Flexibility is a good thing – especially for sports professionals, gymnasts, and those of us balancing work and domestic commitments. In a pension context, the increased flexibility introduced by the 2015 freedom and choice reforms has generally been seen as a welcome response to the evolving nature and shape of retirement. The flexibilities have proved popular, with over 3.7 million transactions in the first three years of the policy.
However, as anyone suffering from hypermobility knows, the premium of flexibility carries the downside risk of serious injury due to stretching beyond what was ever intended. There comes a point where the elastic band snaps. Greater freedom and choice for retirees is inevitably accompanied by the risk of poor choices which may jeopardise an individual’s retirement savings. Pension flexibilities can be a particularly fertile ground for pension scammers.
This, of course, leaves trustees between a rock and a hard place in managing member transfer requests. The tide has been turning in favour of significant due diligence in protecting against pension scams, particularly with the helpful matrices set out in the Pension Scams Industry Group’s updated voluntary code of practice. That said, trustees should also be aware of a recent decision by the Ombudsman indicating that excessive due diligence is not a good thing, and could result in provider liability for any delay causing investment loss to the transferring member.
In this case (Mr S – PO 19383), the member had requested a transfer of his SIPP to his occupational pension arrangement – the Universities Superannuation Scheme. Despite the USS’s significant size and established nature, and the fact that Mr S had been a member of the USS for many years, the administrator continued to request a full suite of scheme deeds and certified bank statements – leading to a four-month delay in making the requested transfer. Here, the Deputy Pensions Ombudsman decided that the administrator had undertaken excessive and disproportionate due diligence, resulting in the member losing out on investment growth and suffering distress and inconvenience.
As a cautionary tale, this case gives a few helpful take-away points for trustees assessing transfer requests. Firstly, the Deputy Ombudsman commented that fund reconciliations and due diligence and checks should have been carried out concurrently – it was not reasonable to start due diligence several months after the request had been made, once the initial fund reconciliation had been completed. Secondly, while adhering to the checks set out in voluntary code is advisable, this does not override the requirement for a proportionate approach to due diligence. Finally, the Deputy Ombudsman comments that she cannot see why more than a few weeks was necessary to complete due diligence on a large and established occupational pension scheme. It is important to keep in mind how long checks are taking, and whether they are proportionate to the transfer being requested, particularly where the risk of a pension scam has already been identified as near zero.

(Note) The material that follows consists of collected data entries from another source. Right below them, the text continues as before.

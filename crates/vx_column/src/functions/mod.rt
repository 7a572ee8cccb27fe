//! Functions over whole columns.

pub(crate) mod apply;
pub(crate) mod cast;
pub(crate) mod kernel;
pub(crate) mod operator;
pub(crate) mod select;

It is reassuring that the Deputy Ombudsman went to lengths to stress the importance of due diligence aimed at avoiding pension scams; for example, even with a well-known, well-established scheme, it would be important to ensure that the scheme is what it claims to be, and not a cloned scheme with a near-identical name. At the same time, however, this is a timely reminder that a one-size-fits-all approach to assessing transfer requests is not advisable.